• _PROVIDED DATA_
● ● ● ● ●

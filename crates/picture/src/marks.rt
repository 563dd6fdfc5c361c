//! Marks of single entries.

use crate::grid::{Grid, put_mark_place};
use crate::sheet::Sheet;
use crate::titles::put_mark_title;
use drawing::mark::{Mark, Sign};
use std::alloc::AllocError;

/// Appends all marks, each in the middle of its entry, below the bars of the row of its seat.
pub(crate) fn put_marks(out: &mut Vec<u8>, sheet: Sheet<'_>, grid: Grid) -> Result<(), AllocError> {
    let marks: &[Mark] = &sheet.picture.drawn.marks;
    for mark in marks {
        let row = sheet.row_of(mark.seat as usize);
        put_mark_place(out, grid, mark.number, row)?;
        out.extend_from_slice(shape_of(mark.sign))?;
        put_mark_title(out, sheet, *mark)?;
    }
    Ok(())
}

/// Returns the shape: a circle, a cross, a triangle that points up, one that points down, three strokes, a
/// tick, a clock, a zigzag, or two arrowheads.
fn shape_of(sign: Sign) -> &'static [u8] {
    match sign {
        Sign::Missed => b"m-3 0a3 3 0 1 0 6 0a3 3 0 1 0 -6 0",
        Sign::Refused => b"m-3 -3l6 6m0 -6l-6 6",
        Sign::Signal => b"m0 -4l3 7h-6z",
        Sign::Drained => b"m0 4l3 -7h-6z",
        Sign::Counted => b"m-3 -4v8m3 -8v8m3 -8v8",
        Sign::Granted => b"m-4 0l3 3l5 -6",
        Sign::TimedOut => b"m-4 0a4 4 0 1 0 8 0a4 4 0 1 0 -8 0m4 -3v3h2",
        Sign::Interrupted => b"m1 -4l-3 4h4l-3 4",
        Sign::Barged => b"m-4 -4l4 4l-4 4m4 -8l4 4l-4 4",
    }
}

● ● ● ● ●

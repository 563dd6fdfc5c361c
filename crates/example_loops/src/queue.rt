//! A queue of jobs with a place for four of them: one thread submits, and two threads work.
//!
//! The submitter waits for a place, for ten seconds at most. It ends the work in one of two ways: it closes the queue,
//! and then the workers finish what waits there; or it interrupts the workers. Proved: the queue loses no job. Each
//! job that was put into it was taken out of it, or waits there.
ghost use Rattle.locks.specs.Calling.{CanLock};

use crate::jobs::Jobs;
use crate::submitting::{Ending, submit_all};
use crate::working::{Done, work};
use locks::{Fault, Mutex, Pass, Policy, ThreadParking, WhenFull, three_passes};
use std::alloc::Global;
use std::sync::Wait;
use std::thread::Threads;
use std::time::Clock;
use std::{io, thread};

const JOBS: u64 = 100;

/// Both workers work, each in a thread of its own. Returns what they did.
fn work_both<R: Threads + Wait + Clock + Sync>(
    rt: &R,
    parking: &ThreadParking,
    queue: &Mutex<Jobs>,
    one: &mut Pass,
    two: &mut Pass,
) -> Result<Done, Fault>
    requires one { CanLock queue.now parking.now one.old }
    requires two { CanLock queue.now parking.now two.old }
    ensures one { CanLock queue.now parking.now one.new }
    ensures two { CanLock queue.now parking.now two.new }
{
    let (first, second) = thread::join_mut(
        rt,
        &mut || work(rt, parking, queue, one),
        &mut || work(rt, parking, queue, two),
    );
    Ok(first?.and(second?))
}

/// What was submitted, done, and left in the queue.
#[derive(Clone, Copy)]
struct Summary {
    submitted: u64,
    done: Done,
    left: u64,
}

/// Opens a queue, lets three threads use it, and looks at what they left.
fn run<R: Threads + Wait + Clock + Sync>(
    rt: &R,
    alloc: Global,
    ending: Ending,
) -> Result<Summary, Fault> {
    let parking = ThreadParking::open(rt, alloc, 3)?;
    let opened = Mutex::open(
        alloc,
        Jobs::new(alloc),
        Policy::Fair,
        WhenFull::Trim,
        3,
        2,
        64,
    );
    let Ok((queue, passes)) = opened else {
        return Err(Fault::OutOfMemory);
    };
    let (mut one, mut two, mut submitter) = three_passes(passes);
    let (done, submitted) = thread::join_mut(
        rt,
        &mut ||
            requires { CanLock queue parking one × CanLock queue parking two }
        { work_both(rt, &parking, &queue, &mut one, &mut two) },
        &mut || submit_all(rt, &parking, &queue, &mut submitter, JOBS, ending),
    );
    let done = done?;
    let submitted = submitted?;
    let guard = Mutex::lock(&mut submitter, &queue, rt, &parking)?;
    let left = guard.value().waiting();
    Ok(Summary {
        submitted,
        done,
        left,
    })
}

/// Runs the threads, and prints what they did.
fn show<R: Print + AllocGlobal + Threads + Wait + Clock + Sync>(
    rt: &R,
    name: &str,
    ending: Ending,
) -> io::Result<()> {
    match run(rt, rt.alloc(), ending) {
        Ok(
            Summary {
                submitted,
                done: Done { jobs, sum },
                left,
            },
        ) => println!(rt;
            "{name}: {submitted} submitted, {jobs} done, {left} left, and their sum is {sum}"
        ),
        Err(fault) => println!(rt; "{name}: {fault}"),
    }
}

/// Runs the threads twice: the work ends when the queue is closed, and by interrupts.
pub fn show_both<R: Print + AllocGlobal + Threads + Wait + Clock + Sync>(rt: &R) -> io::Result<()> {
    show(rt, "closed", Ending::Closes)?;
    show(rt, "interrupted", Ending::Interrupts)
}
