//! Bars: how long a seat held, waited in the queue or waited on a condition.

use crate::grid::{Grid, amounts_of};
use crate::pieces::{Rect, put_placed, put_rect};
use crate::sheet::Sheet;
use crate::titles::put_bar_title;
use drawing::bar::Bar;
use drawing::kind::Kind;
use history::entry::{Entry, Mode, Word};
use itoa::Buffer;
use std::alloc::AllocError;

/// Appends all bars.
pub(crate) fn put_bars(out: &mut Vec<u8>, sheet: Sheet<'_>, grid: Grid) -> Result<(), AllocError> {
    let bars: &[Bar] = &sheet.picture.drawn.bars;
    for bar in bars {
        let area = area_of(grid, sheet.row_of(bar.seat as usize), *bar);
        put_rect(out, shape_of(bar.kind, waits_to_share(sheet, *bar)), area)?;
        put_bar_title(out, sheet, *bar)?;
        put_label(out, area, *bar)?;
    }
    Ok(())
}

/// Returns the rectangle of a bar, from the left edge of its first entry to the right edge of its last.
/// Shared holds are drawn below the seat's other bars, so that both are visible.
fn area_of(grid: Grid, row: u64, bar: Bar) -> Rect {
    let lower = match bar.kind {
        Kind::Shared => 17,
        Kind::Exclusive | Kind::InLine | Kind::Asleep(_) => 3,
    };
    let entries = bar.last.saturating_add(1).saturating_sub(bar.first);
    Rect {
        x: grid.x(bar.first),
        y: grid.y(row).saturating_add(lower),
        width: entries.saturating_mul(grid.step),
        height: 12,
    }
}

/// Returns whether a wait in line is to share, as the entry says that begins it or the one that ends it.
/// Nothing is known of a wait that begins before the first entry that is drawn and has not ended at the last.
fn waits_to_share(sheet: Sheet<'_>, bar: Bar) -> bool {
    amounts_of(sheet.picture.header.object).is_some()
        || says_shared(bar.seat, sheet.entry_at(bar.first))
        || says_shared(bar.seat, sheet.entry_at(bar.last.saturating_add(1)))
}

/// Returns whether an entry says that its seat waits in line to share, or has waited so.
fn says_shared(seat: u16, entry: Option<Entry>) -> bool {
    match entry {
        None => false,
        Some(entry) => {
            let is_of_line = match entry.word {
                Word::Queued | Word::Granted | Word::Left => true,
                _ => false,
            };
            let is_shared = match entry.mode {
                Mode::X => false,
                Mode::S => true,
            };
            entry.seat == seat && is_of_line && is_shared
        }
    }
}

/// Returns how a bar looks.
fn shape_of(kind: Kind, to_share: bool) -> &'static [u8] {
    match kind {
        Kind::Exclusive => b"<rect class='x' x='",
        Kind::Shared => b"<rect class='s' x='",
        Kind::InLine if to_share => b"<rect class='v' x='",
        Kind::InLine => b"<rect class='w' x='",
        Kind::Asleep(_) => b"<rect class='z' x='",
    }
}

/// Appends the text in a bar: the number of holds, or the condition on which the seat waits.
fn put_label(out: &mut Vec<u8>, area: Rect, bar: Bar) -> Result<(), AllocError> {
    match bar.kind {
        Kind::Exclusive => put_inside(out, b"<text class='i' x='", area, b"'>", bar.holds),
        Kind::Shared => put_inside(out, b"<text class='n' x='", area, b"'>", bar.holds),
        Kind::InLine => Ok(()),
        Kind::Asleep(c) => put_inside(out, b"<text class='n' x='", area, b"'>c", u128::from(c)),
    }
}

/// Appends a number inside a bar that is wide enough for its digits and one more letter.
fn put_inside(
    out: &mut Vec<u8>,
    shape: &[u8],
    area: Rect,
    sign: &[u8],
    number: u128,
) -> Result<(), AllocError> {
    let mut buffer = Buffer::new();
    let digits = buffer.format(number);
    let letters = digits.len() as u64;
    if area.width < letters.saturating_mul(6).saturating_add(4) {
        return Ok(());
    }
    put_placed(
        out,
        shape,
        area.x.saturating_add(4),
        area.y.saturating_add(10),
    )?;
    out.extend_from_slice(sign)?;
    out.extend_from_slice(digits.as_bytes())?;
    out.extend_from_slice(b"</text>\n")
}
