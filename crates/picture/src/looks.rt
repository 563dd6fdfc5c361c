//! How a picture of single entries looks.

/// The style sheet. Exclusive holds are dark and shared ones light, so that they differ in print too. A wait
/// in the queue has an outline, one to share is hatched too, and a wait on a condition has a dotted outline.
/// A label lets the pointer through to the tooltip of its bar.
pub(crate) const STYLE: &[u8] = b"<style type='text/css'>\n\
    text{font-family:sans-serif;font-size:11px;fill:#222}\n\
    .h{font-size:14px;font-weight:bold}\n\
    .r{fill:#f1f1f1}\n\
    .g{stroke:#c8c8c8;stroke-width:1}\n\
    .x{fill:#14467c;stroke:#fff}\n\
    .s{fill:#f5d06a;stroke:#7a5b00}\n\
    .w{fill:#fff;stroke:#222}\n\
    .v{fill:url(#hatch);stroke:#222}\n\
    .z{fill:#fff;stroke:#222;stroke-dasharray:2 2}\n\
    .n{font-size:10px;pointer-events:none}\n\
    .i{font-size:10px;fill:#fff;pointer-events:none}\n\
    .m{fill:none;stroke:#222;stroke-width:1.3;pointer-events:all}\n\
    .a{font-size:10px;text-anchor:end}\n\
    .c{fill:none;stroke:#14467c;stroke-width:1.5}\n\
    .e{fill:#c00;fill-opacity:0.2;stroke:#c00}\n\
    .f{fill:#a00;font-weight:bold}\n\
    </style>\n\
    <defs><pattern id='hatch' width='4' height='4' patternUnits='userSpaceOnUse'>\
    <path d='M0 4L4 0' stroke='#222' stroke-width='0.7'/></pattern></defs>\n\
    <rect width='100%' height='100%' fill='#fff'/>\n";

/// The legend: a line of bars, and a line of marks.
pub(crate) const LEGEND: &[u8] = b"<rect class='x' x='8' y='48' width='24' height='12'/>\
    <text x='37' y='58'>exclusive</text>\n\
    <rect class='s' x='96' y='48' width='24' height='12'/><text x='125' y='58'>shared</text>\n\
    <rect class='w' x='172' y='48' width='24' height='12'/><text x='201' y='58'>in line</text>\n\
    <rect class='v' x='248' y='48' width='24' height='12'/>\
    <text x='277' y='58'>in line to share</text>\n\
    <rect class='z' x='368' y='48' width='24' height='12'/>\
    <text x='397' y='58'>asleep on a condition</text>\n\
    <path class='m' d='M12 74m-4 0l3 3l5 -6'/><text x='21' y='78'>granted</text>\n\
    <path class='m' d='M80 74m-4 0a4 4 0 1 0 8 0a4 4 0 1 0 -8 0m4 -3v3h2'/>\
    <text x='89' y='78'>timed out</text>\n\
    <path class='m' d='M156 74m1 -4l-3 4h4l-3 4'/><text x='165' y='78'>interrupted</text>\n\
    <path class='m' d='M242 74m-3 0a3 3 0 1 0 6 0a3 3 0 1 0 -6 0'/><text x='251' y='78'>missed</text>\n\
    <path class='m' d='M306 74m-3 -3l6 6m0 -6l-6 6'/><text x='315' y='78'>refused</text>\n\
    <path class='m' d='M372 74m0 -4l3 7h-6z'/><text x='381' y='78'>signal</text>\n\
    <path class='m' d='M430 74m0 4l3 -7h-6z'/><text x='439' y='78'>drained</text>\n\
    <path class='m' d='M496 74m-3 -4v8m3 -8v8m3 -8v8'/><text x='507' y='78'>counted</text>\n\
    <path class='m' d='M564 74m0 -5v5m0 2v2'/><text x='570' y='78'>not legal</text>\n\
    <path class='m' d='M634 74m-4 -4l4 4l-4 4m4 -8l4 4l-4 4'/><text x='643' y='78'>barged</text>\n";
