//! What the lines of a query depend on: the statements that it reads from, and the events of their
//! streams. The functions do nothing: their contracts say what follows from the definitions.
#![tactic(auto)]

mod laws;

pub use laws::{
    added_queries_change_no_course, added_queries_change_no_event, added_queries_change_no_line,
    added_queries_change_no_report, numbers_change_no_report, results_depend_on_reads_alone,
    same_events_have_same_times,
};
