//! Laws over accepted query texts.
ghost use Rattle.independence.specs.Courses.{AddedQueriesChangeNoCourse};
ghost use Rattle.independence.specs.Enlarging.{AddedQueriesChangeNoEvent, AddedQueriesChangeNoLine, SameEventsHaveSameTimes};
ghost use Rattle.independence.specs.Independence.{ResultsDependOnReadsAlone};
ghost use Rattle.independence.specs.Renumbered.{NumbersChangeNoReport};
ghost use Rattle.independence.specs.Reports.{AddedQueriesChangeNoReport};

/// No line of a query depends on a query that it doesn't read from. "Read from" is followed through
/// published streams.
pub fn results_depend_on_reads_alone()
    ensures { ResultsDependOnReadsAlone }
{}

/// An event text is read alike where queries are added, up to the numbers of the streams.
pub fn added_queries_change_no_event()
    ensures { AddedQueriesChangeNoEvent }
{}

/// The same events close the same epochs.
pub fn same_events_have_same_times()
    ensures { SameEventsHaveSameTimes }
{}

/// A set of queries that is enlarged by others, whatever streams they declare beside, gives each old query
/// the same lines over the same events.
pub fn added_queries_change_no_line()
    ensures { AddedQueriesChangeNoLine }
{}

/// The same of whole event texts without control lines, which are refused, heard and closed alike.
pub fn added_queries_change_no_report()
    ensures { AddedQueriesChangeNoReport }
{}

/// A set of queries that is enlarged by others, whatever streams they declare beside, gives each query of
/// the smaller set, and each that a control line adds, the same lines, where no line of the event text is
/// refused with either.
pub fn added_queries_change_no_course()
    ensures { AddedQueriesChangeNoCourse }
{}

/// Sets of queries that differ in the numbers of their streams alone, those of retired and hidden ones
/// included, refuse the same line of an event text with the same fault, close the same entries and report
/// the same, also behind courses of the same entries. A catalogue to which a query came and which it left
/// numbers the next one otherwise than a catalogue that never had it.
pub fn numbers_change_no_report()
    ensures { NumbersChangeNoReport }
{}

● ● ● ● ●

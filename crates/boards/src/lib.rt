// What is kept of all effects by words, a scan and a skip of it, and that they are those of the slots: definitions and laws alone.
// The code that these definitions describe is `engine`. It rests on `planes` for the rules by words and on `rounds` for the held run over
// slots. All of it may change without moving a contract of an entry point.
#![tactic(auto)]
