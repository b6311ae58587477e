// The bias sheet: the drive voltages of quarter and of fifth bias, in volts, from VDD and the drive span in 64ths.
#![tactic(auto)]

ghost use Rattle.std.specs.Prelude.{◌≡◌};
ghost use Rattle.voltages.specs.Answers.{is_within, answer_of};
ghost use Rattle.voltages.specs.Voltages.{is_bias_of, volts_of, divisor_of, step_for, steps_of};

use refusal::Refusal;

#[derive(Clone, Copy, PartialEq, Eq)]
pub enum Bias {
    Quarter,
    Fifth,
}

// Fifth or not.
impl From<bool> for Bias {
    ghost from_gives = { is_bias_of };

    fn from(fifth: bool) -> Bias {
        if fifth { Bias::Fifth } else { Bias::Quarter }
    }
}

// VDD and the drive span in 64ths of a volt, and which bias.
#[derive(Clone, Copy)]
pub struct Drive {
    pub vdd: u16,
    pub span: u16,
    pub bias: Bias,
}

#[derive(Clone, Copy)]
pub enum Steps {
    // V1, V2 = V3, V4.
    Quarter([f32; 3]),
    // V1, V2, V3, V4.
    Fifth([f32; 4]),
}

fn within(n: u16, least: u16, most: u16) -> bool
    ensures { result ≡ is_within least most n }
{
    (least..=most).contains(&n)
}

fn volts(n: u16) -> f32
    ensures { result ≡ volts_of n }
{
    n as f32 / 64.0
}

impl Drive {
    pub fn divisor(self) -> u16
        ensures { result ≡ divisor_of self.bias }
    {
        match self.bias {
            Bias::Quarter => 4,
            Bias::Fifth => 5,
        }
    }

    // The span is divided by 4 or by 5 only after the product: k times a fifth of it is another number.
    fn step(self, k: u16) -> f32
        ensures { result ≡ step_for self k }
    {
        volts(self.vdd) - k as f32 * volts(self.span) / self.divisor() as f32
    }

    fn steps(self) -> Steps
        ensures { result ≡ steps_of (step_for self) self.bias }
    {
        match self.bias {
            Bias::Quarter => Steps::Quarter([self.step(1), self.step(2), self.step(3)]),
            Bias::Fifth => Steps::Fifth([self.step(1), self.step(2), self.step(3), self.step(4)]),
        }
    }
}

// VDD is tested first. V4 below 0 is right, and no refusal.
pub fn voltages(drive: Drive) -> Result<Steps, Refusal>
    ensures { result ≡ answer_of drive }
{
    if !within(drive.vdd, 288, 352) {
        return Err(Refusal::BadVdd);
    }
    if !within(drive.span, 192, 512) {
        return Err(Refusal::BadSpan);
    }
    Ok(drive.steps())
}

● ● ● ● ●

Taking the entries above, restate exactly those lines that fall between the line with "result ≡ is_within" and the line with "and no refusal.", keeping both of those lines too.

    ensures { result ≡ is_within least most n }
{
    (least..=most).contains(&n)
}

fn volts(n: u16) -> f32
    ensures { result ≡ volts_of n }
{
    n as f32 / 64.0
}

impl Drive {
    pub fn divisor(self) -> u16
        ensures { result ≡ divisor_of self.bias }
    {
        match self.bias {
            Bias::Quarter => 4,
            Bias::Fifth => 5,
        }
    }

    // The span is divided by 4 or by 5 only after the product: k times a fifth of it is another number.
    fn step(self, k: u16) -> f32
        ensures { result ≡ step_for self k }
    {
        volts(self.vdd) - k as f32 * volts(self.span) / self.divisor() as f32
    }

    fn steps(self) -> Steps
        ensures { result ≡ steps_of (step_for self) self.bias }
    {
        match self.bias {
            Bias::Quarter => Steps::Quarter([self.step(1), self.step(2), self.step(3)]),
            Bias::Fifth => Steps::Fifth([self.step(1), self.step(2), self.step(3), self.step(4)]),
        }
    }
}

// VDD is tested first. V4 below 0 is right, and no refusal.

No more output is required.